Exercise brief: Copy each line of the data below in which the word "Fail" can be found.

Saved entries:
^^^^^^^^

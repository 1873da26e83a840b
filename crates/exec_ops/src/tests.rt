ghost use Rattle.std.specs.Prelude.{◌≡◌, ◌↔◌, ◌++◌, IsTrue, IfOk, IfSome, IsSome, All, map};
ghost use Rattle.cal_value.specs.Types.{HasTypes};
ghost use Rattle.cal_expr.specs.Typing.{type_of};
ghost use Rattle.exec_ops.specs.Ready.{CanGroup, CanJoin, HasCallType};
ghost use Rattle.exec_ops.specs.Sort.{ascending};

use crate::{JoinOn, hash_group, hash_join, merge_join, nested_join, sort_rows, sorted_group};
use cal_aggregate::result_type;
use cal_expr::{Expr, expr_type};
use cal_schema::{AggCall, JoinKind, RelType, StarPair};
use cal_value::{
    Agg, Collation, Duplicate, Interval, KeyOrder, List, NoMemory, Op, Row, SqlType, Value,
    has_types, is_in_order,
};
use std::alloc::Global;
use std::process::Abort;
use std::test::Fail;

fn list_of<T: Drop, const N: usize>(alloc: Global, items: [T; N]) -> Result<List<T>, NoMemory> {
    Ok(List::from_vec(Vec::from_array(alloc, items)?))
}

// Numbers, where `N` stands for NULL.
const N: i128 = -99;

fn row(alloc: Global, numbers: &[i128]) -> Result<Row, NoMemory> {
    let mut row = List::new(alloc);
    for number in numbers {
        let value = if *number == N {
            Value::Null
        } else {
            Value::Int(*number)
        };
        row.push(value)?;
    }
    Ok(row)
}

fn rows<const W: usize>(alloc: Global, numbers: &[[i128; W]]) -> Result<List<Row>, NoMemory> {
    let mut rows = List::new(alloc);
    for values in numbers {
        rows.push(row(alloc, values.as_slice())?)?;
    }
    Ok(rows)
}

fn types(alloc: Global, width: usize) -> Result<List<SqlType>, NoMemory> {
    let mut types = List::new(alloc);
    for _ in 0..width {
        types.push(SqlType::integer(true, Interval::Range { lo: 0, hi: 99 }))?;
    }
    Ok(types)
}

fn have_types(rows: &List<Row>, types: &List<SqlType>) -> bool
    ensures { IsTrue result ↔ All (λ row. HasTypes row types.now) rows.now }
{
    rows.as_slice().iter().all(|row| has_types(row, types))
}

// ---- joins of rows of two columns

fn appended(
    alloc: Global,
    left: &List<SqlType>,
    right: &List<SqlType>,
) -> Result<List<SqlType>, NoMemory>
    ensures { IfOk result (λ both. both ≡ left.now ++ right.now) }
{
    let mut both = left.copy(alloc)?;
    for t in right.as_slice() {
        both.push(*t)?;
    }
    Ok(both)
}

fn is_typed(rest: &Option<Expr>, types: &List<SqlType>) -> bool
    ensures { IsTrue result ↔ IfSome rest.now (λ e. IsSome (type_of e types.now)) }
{
    match rest {
        Some(condition) => expr_type(condition, types).is_some(),
        None => true,
    }
}

fn can_join(
    alloc: Global,
    left: &List<Row>,
    right: &List<Row>,
    on: &JoinOn,
) -> Result<bool, NoMemory>
    ensures { IfOk result (λ can. IsTrue can → CanJoin on.now left.now right.now) }
{
    let left_types = types(alloc, 2)?;
    let right_types = types(alloc, on.right_width as usize)?;
    let both = appended(alloc, &left_types, &right_types)?;
    if !have_types(left, &left_types) {
        return Ok(false);
    }
    if !have_types(right, &right_types) {
        return Ok(false);
    }
    Ok(is_typed(&on.rest, &both))
}

// The left row's first column equals the right one's; and the same of the second; and the second is less.
#[derive(Clone, Copy)]
enum On {
    All,
    First,
    Both,
    FirstAndLess,
}

fn pairs(alloc: Global, on: On) -> Result<List<StarPair>, NoMemory> {
    let first = StarPair { left: 0, right: 0 };
    let second = StarPair { left: 1, right: 1 };
    match on {
        On::All => Ok(List::new(alloc)),
        On::First | On::FirstAndLess => list_of(alloc, [first]),
        On::Both => list_of(alloc, [first, second]),
    }
}

fn join_on(alloc: Global, on: On) -> Result<JoinOn, NoMemory> {
    let rest = if matches!(on, On::FirstAndLess) {
        let less = Expr::binary(alloc, Op::Less, Expr::Column(1), Expr::Column(3))?;
        Some(less)
    } else {
        None
    };
    Ok(JoinOn {
        pairs: pairs(alloc, on)?,
        rest,
        right_width: 2,
    })
}

fn expect_join(
    rt: &impl Abort,
    alloc: Global,
    kind: JoinKind,
    left: &List<Row>,
    right: &List<Row>,
    on: &JoinOn,
    wanted: &List<Row>,
) -> Result<(), NoMemory> {
    let can = can_join(alloc, left, right, on)?;
    assert!(rt; can);
    let nested = nested_join(alloc, kind, left, right, on)?;
    assert!(rt; nested == *wanted);
    let hashed = hash_join(alloc, kind, left, right, on)?;
    assert!(rt; hashed == *wanted);
    Ok(())
}

#[derive(Clone, Copy)]
struct Case {
    kind: JoinKind,
    on: On,
    left: &'static [[i128; 2]],
    right: &'static [[i128; 2]],
    wanted: &'static [[i128; 4]],
}

const LEFT: &[[i128; 2]] = &[[1, 10], [2, 20], [N, 30], [2, 40]];

const RIGHT: &[[i128; 2]] = &[[2, 25], [N, 8], [2, 9], [3, 1]];

const CASES: [Case; 8] = [
    Case {
        kind: JoinKind::Inner,
        on: On::First,
        left: LEFT,
        right: RIGHT,
        wanted: &[[2, 20, 2, 25], [2, 20, 2, 9], [2, 40, 2, 25], [2, 40, 2, 9]],
    },
    Case {
        kind: JoinKind::Left,
        on: On::First,
        left: LEFT,
        right: RIGHT,
        wanted: &[
            [1, 10, N, N],
            [2, 20, 2, 25],
            [2, 20, 2, 9],
            [N, 30, N, N],
            [2, 40, 2, 25],
            [2, 40, 2, 9],
        ],
    },
    Case {
        kind: JoinKind::Inner,
        on: On::FirstAndLess,
        left: LEFT,
        right: RIGHT,
        wanted: &[[2, 20, 2, 25]],
    },
    Case {
        kind: JoinKind::Left,
        on: On::FirstAndLess,
        left: LEFT,
        right: RIGHT,
        wanted: &[[1, 10, N, N], [2, 20, 2, 25], [N, 30, N, N], [2, 40, N, N]],
    },
    Case {
        kind: JoinKind::Inner,
        on: On::All,
        left: &[[1, 10], [N, 20]],
        right: &[[2, 15], [N, 5]],
        wanted: &[[1, 10, 2, 15], [1, 10, N, 5], [N, 20, 2, 15], [N, 20, N, 5]],
    },
    Case {
        kind: JoinKind::Left,
        on: On::All,
        left: &[[1, 10], [N, 20]],
        right: &[],
        wanted: &[[1, 10, N, N], [N, 20, N, N]],
    },
    Case {
        kind: JoinKind::Inner,
        on: On::First,
        left: LEFT,
        right: &[],
        wanted: &[],
    },
    Case {
        kind: JoinKind::Inner,
        on: On::Both,
        left: &[[N, N], [1, N], [1, 3], [1, 4]],
        right: &[[N, 3], [1, N], [1, 3], [2, N]],
        wanted: &[[1, 3, 1, 3]],
    },
];

fn expect_case(rt: &impl Abort, alloc: Global, case: Case) -> Result<(), NoMemory> {
    let left = rows(alloc, case.left)?;
    let right = rows(alloc, case.right)?;
    let wanted = rows(alloc, case.wanted)?;
    let on = join_on(alloc, case.on)?;
    expect_join(rt, alloc, case.kind, &left, &right, &on, &wanted)
}

#[test]
fn rows_are_joined(rt: HostRuntime) -> Result<(), Fail> {
    for case in CASES {
        expect_case(&rt, rt.alloc(), case)?;
    }
    Ok(())
}

// ---- joins of sorted rows

fn left_keys(alloc: Global, pairs: &List<StarPair>) -> Result<Collation, NoMemory>
    ensures { IfOk result (λ keys. keys ≡ map ascending (map (λ p. p.left) pairs.now)) }
{
    let mut keys = List::new(alloc);
    for pair in pairs.as_slice() {
        keys.push(key(pair.left))?;
    }
    Ok(keys)
}

fn right_keys(alloc: Global, pairs: &List<StarPair>) -> Result<Collation, NoMemory>
    ensures { IfOk result (λ keys. keys ≡ map ascending (map (λ p. p.right) pairs.now)) }
{
    let mut keys = List::new(alloc);
    for pair in pairs.as_slice() {
        keys.push(key(pair.right))?;
    }
    Ok(keys)
}

fn key(column: u32) -> KeyOrder
    ensures { result ≡ ascending column }
{
    KeyOrder {
        column,
        descending: false,
        nulls_first: false,
    }
}

fn expect_merge(
    rt: &impl Abort,
    alloc: Global,
    left: &List<Row>,
    right: &List<Row>,
    on: &JoinOn,
    wanted: &List<Row>,
) -> Result<(), NoMemory> {
    let can = can_join(alloc, left, right, on)?;
    assert!(rt; can);
    let keys = left_keys(alloc, &on.pairs)?;
    let left_in_order = is_in_order(left, &keys);
    assert!(rt; left_in_order);
    let keys = right_keys(alloc, &on.pairs)?;
    let right_in_order = is_in_order(right, &keys);
    assert!(rt; right_in_order);
    let merged = merge_join(alloc, left, right, on)?;
    assert!(rt; merged == *wanted);
    Ok(())
}

const SORTED_LEFT: &[[i128; 2]] = &[[1, 2], [2, 30], [2, 4], [5, 5], [N, 1]];

const SORTED_RIGHT: &[[i128; 2]] = &[[2, 17], [2, 8], [4, 9], [N, 6]];

const MERGES: [Case; 3] = [
    Case {
        kind: JoinKind::Inner,
        on: On::First,
        left: SORTED_LEFT,
        right: SORTED_RIGHT,
        wanted: &[[2, 30, 2, 17], [2, 30, 2, 8], [2, 4, 2, 17], [2, 4, 2, 8]],
    },
    Case {
        kind: JoinKind::Inner,
        on: On::FirstAndLess,
        left: SORTED_LEFT,
        right: SORTED_RIGHT,
        wanted: &[[2, 4, 2, 17], [2, 4, 2, 8]],
    },
    Case {
        kind: JoinKind::Inner,
        on: On::Both,
        left: &[[1, 3], [1, 4], [1, N], [N, N]],
        right: &[[1, 3], [1, N], [2, N], [N, 3]],
        wanted: &[[1, 3, 1, 3]],
    },
];

fn expect_merge_of(rt: &impl Abort, alloc: Global, case: Case) -> Result<(), NoMemory> {
    let left = rows(alloc, case.left)?;
    let right = rows(alloc, case.right)?;
    let wanted = rows(alloc, case.wanted)?;
    let on = join_on(alloc, case.on)?;
    expect_merge(rt, alloc, &left, &right, &on, &wanted)
}

#[test]
fn sorted_rows_are_merged(rt: HostRuntime) -> Result<(), Fail> {
    for case in MERGES {
        expect_merge_of(&rt, rt.alloc(), case)?;
    }
    Ok(())
}

// ---- groups

fn has_type(call: AggCall, t: &RelType) -> bool
    ensures { IsTrue result ↔ HasCallType t.now call.agg call.argument }
{
    match call.argument {
        Some(column) => match t.columns.get(column as usize) {
            Some(s) => result_type(call.agg, Some(*s), t.bound).is_some(),
            None => false,
        },
        None => true,
    }
}

fn have_call_types(calls: &List<AggCall>, t: &RelType) -> bool
    ensures { IsTrue result ↔ All (λ call. HasCallType t.now call.agg call.argument) calls.now }
{
    calls.as_slice().iter().all(|call| has_type(*call, t))
}

fn can_group(rows: &List<Row>, calls: &List<AggCall>, t: &RelType) -> bool
    ensures { IsTrue result → CanGroup calls.now rows.now }
{
    if !have_types(rows, &t.columns) {
        return false;
    }
    if rows.len() as u128 > t.bound {
        return false;
    }
    have_call_types(calls, t)
}

fn call(agg: Agg, argument: Option<u32>) -> AggCall {
    AggCall { agg, argument }
}

fn all_calls(alloc: Global) -> Result<List<AggCall>, NoMemory> {
    list_of(
        alloc,
        [
            call(Agg::Count, None),
            call(Agg::Count, Some(1)),
            call(Agg::Sum, Some(1)),
            call(Agg::Min, Some(1)),
            call(Agg::Max, Some(1)),
        ],
    )
}

fn group_type(alloc: Global, rows: &List<Row>) -> Result<RelType, NoMemory> {
    let columns = types(alloc, 2)?;
    let bound = rows.len() as u128;
    Ok(RelType { columns, bound })
}

fn expect_hashed(
    rt: &impl Abort,
    alloc: Global,
    rows: &List<Row>,
    groups: &List<u32>,
    wanted: &List<Row>,
) -> Result<(), NoMemory> {
    let calls = all_calls(alloc)?;
    let t = group_type(alloc, rows)?;
    let can = can_group(rows, &calls, &t);
    assert!(rt; can);
    let hashed = hash_group(alloc, rows, groups, &calls)?;
    assert!(rt; hashed == *wanted);
    Ok(())
}

fn group_keys(alloc: Global, groups: &List<u32>) -> Result<Collation, NoMemory>
    ensures { IfOk result (λ keys. keys ≡ map ascending groups.now) }
{
    let mut keys = List::new(alloc);
    for column in groups.as_slice() {
        keys.push(key(*column))?;
    }
    Ok(keys)
}

fn expect_sorted(
    rt: &impl Abort,
    alloc: Global,
    rows: &List<Row>,
    groups: &List<u32>,
    wanted: &List<Row>,
) -> Result<(), NoMemory> {
    let calls = all_calls(alloc)?;
    let t = group_type(alloc, rows)?;
    let can = can_group(rows, &calls, &t);
    assert!(rt; can);
    let keys = group_keys(alloc, groups)?;
    let in_order = is_in_order(rows, &keys);
    assert!(rt; in_order);
    let sorted = sorted_group(alloc, rows, groups, &calls)?;
    assert!(rt; sorted == *wanted);
    Ok(())
}

// Groups over which COUNT(*), COUNT, SUM, MIN and MAX of the second column stand behind the key.
fn expect_groups<const W: usize>(
    rt: &impl Abort,
    alloc: Global,
    numbers: &[[i128; 2]],
    groups: &List<u32>,
    wanted: &[[i128; W]],
    sorted: bool,
) -> Result<(), NoMemory> {
    let rows_in = rows(alloc, numbers)?;
    let wanted = rows(alloc, wanted)?;
    expect_hashed(rt, alloc, &rows_in, groups, &wanted)?;
    if sorted {
        expect_sorted(rt, alloc, &rows_in, groups, &wanted)?;
    }
    Ok(())
}

const MIXED: &[[i128; 2]] = &[[2, 5], [N, 7], [2, N], [N, 7], [1, N]];

#[test]
fn groups_stand_in_order_of_first_appearance(rt: HostRuntime) -> Result<(), Fail> {
    let first = list_of(rt.alloc(), [0])?;
    let wanted = [[2, 2, 1, 5, 5, 5], [N, 2, 2, 14, 7, 7], [1, 1, 0, N, N, N]];
    expect_groups(&rt, rt.alloc(), MIXED, &first, wanted.as_slice(), false)?;
    Ok(())
}

#[test]
fn groups_may_have_two_columns(rt: HostRuntime) -> Result<(), Fail> {
    let both = list_of(rt.alloc(), [1, 0])?;
    let wanted = [
        [5, 2, 1, 1, 5, 5, 5],
        [7, N, 2, 2, 14, 7, 7],
        [N, 2, 1, 0, N, N, N],
        [N, 1, 1, 0, N, N, N],
    ];
    expect_groups(&rt, rt.alloc(), MIXED, &both, wanted.as_slice(), false)?;
    Ok(())
}

#[test]
fn sorted_rows_are_grouped(rt: HostRuntime) -> Result<(), Fail> {
    let first = list_of(rt.alloc(), [0])?;
    let sorted = [[1, N], [2, 5], [2, N], [N, 7], [N, 8]];
    let wanted = [[1, 1, 0, N, N, N], [2, 2, 1, 5, 5, 5], [N, 2, 2, 15, 7, 8]];
    expect_groups(
        &rt,
        rt.alloc(),
        sorted.as_slice(),
        &first,
        wanted.as_slice(),
        true,
    )?;
    Ok(())
}

#[test]
fn without_columns_there_is_one_group(rt: HostRuntime) -> Result<(), Fail> {
    let none = List::new(rt.alloc());
    expect_groups(
        &rt,
        rt.alloc(),
        MIXED,
        &none,
        [[5, 3, 19, 5, 7]].as_slice(),
        true,
    )?;
    expect_groups(
        &rt,
        rt.alloc(),
        &[],
        &none,
        [[0, 0, N, N, N]].as_slice(),
        true,
    )?;
    Ok(())
}

#[test]
fn no_rows_have_no_keys(rt: HostRuntime) -> Result<(), Fail> {
    let first = list_of(rt.alloc(), [0])?;
    let wanted: [[i128; 6]; 0] = [];
    expect_groups(&rt, rt.alloc(), &[], &first, wanted.as_slice(), true)?;
    Ok(())
}

// ---- sorts

const UNSORTED: &[[i128; 3]] = &[
    [1, 5, 1],
    [N, 1, 2],
    [1, N, 3],
    [2, 3, 4],
    [1, 5, 5],
    [1, 2, 6],
];

const SORTED: &[[i128; 3]] = &[
    [N, 1, 2],
    [2, 3, 4],
    [1, 2, 6],
    [1, 5, 1],
    [1, 5, 5],
    [1, N, 3],
];

#[test]
fn rows_are_sorted_by_their_keys(rt: HostRuntime) -> Result<(), Fail> {
    let down = KeyOrder {
        column: 0,
        descending: true,
        nulls_first: true,
    };
    let up = KeyOrder {
        column: 1,
        descending: false,
        nulls_first: false,
    };
    let keys = list_of(rt.alloc(), [down, up])?;
    let unsorted = rows(rt.alloc(), UNSORTED)?;
    let sorted = sort_rows(rt.alloc(), unsorted, &keys)?;
    assert!(rt; sorted == rows(rt.alloc(), SORTED)?);
    Ok(())
}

^^^^^^^^

Problem solution:
use std::test::Fail;
fn rows_are_joined(rt: HostRuntime) -> Result<(), Fail> {
fn sorted_rows_are_merged(rt: HostRuntime) -> Result<(), Fail> {
fn groups_stand_in_order_of_first_appearance(rt: HostRuntime) -> Result<(), Fail> {
fn groups_may_have_two_columns(rt: HostRuntime) -> Result<(), Fail> {
fn sorted_rows_are_grouped(rt: HostRuntime) -> Result<(), Fail> {
fn without_columns_there_is_one_group(rt: HostRuntime) -> Result<(), Fail> {
fn no_rows_have_no_keys(rt: HostRuntime) -> Result<(), Fail> {
fn rows_are_sorted_by_their_keys(rt: HostRuntime) -> Result<(), Fail> {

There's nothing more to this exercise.